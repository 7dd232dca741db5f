// The run whose columns have given values.
ghost use Rattle.std.specs.Prelude.{◌≡◌, ◌+◌, ◌<◌, ◌≤◌, ◌≤ℤ◌, pos, All, IfOk, length, map};
ghost use Rattle.std.specs.List.{range_with_len};
ghost use Rattle.claims.specs.Columns.{entry_value, flow_made, row_made, run_of};
ghost use Rattle.linear_form.specs.Sums.{entry};
ghost use Rattle.run_rows.specs.Columns.{HasEntry, entries_of, rows_of};
ghost use Rattle.run_rows.specs.Limits.{IsWithin};
ghost use Rattle.run_rows.specs.Runs.{Fits, IsEntry, state_count};
ghost use Rattle.run_rows.specs.declared.columns.Entry.TheVariants.{X};

use crate::problems::Problem;
use run_rows::{Entry, FlowRow, Row, Run, Shape};
use sqlite_items::Items;
use std::alloc::Global;
use whole::NoMemory;

/// The run of the problem's shape whose columns have these values, in units of `1 / over`.
///
/// There is one value for each column, none is `i128::MIN`, and `over` is at least 1.
pub fn run_of(
    alloc: Global,
    problem: &Problem,
    values: &Vec<i128>,
    over: i128,
) -> Result<Run, NoMemory>
    requires within { IsWithin problem.now.shape }
    requires count { length values.now.items ≡ length (entries_of problem.now.shape) }
    requires entries { All IsEntry values.now.items }
    requires over_from { pos 1 ≤ℤ over }
    ensures exact { IfOk result (λ run. run ≡ run_of problem.now.shape (entry values.now.items) over) }
    ensures fits { IfOk result (λ run. Fits problem.now.shape run) }
{
    run(alloc, &problem.shape, values.as_slice(), over)
}

#[tactic(auto, using(whole::proofs::Overflow::signed), unfolding(claims::specs::Columns::run_of))]
fn run(alloc: Global, shape: &Shape, values: &[i128], over: i128) -> Result<Run, NoMemory>
    requires within { IsWithin shape.now }
    requires count { length values.now ≡ length (entries_of shape.now) }
    ensures { IfOk result (λ run. run ≡ run_of shape.now (entry values.now) over) }
{
    let credit = value_of(shape, values, Entry::Credit);
    let rows = rows(alloc, shape, values)?;
    Ok(Run { over, credit, rows })
}

fn rows(alloc: Global, shape: &Shape, values: &[i128]) -> Result<Items<Row>, NoMemory>
    requires within { IsWithin shape.now }
    requires count { length values.now ≡ length (entries_of shape.now) }
    ensures { IfOk result (λ rows. rows ≡ map (row_made shape.now (entry values.now)) (range_with_len 0 (rows_of shape.now))) }
{
    let mut rows = Vec::new(alloc);
    for row in 0..shape.h + shape.t + 1 {
        rows.push(one_row(alloc, shape, values, row)?)?;
    }
    Ok(Items::from_vec(rows))
}

fn one_row(alloc: Global, shape: &Shape, values: &[i128], row: u32) -> Result<Row, NoMemory>
    requires within { IsWithin shape.now }
    requires count { length values.now ≡ length (entries_of shape.now) }
    requires row_in { row < rows_of shape.now }
    ensures { IfOk result (λ made. made ≡ row_made shape.now (entry values.now) row) }
{
    let w = value_of(shape, values, Entry::W { row });
    let flows = flows(alloc, shape, values, row)?;
    Ok(Row { w, flows })
}

fn flows(
    alloc: Global,
    shape: &Shape,
    values: &[i128],
    row: u32,
) -> Result<Items<FlowRow>, NoMemory>
    requires within { IsWithin shape.now }
    requires count { length values.now ≡ length (entries_of shape.now) }
    requires row_in { row < rows_of shape.now }
    ensures { IfOk result (λ flows. flows ≡ map (flow_made shape.now (entry values.now) row) (range_with_len 1 shape.now.flows)) }
{
    let mut flows = Vec::new(alloc);
    for index in 0..shape.flows {
        flows.push(one_flow(alloc, shape, values, row, index + 1)?)?;
    }
    Ok(Items::from_vec(flows))
}

fn one_flow(
    alloc: Global,
    shape: &Shape,
    values: &[i128],
    row: u32,
    flow: u32,
) -> Result<FlowRow, NoMemory>
    requires within { IsWithin shape.now }
    requires count { length values.now ≡ length (entries_of shape.now) }
    requires row_in { row < rows_of shape.now }
    requires flow_from { 1 ≤ flow }
    requires flow_to { flow ≤ shape.now.flows }
    ensures { IfOk result (λ made. made ≡ flow_made shape.now (entry values.now) row flow) }
{
    let a = value_of(shape, values, Entry::A { row, flow });
    let s = value_of(shape, values, Entry::S { row, flow });
    let l = value_of(shape, values, Entry::L { row, flow });
    let x = states(alloc, shape, values, row, flow)?;
    Ok(FlowRow { a, s, l, x })
}

fn states(
    alloc: Global,
    shape: &Shape,
    values: &[i128],
    row: u32,
    flow: u32,
) -> Result<Items<i128>, NoMemory>
    requires within { IsWithin shape.now }
    requires count { length values.now ≡ length (entries_of shape.now) }
    requires row_in { row < rows_of shape.now }
    requires flow_from { 1 ≤ flow }
    requires flow_to { flow ≤ shape.now.flows }
    ensures { IfOk result (λ states. states ≡ map (λ j. entry_value shape.now (entry values.now) (X row flow j)) (range_with_len 0 (state_count shape.now row))) }
{
    let mut states = Vec::new(alloc);
    for state in 0..states_on(shape, row) {
        states.push(value_of(shape, values, Entry::X { row, flow, state }))?;
    }
    Ok(Items::from_vec(states))
}

/// How many states a flow has on the row.
fn states_on(shape: &Shape, row: u32) -> u32
    ensures { result ≡ state_count shape.now row }
{
    if row < shape.h { 0 } else { shape.states }
}

/// What stands in the entry's column.
fn value_of(shape: &Shape, values: &[i128], of: Entry) -> i128
    requires within { IsWithin shape.now }
    requires count { length values.now ≡ length (entries_of shape.now) }
    requires stands { HasEntry shape.now of }
    ensures { result ≡ entry_value shape.now (entry values.now) of }
{
    values[shape.column(of) as usize]
}
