//! The canonical texts of interfaces that documents without breach declare.

ghost use Rattle.std.specs.Prelude.{ℕ, List};
ghost use Rattle.std.specs.List.{AllByRecursion};
ghost use Rattle.dt_base.specs.Existence.{IsThere};
ghost use Rattle.json_tree.specs.Values.{Json};
ghost use Rattle.json_tree.specs.Grammar.{Spells};
ghost use Rattle.dtdl_terms.specs.declared.interface.Interface.{Interface};
ghost use Rattle.dtdl_terms.specs.declared.uploaded.Uploaded.{Uploaded};
ghost use Rattle.local_rules.specs.Breaches.{BreaksNoLocalRule};
ghost use Rattle.local_rules.specs.Soundness.{IsSoundlyDeclared};
ghost use Rattle.model_read.specs.Uploads.{AreUploaded};
ghost use Rattle.canon_text.specs.Canonical.{set_value, set_text};
ghost use Rattle.canon_faults.specs.PrintedAgain.{IsPrintedAgain};

use json_read::one_value;

/// The canonical text of interfaces that documents without breach declare is a JSON text, and whatever it spells breaks
/// no local rule.
pub fn without_faults()
    ensures spelled { (is : List Interface) → AllByRecursion IsSoundlyDeclared is
        → Spells (set_text is) (set_value is) }
    ensures unbroken { (is : List Interface) → AllByRecursion IsSoundlyDeclared is
        → (v : Json) → Spells (set_text is) v → BreaksNoLocalRule v }
{
    one_value();
}

/// Read as a document, the canonical text of such interfaces declares interfaces: some are there (`IsThere`), and
/// whichever it declares are sound, declare the same as what was printed, and have this text again.
pub fn prints_again()
    ensures there { (is : List Interface) (nth : ℕ) → AllByRecursion IsSoundlyDeclared is
        → IsThere ((us : List Uploaded) × IsPrintedAgain is nth us) }
    ensures each { (is : List Interface) (nth : ℕ) (us : List Uploaded) (v : Json)
        → AllByRecursion IsSoundlyDeclared is → Spells (set_text is) v → AreUploaded v nth us
        → IsPrintedAgain is nth us }
{
    one_value();
}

# # # #

▸ EXERCISE DESCRIPTION: The answer must be a single number: how many lines of the entries contain "NoMemory".

▸ TASK RESPONSE: 8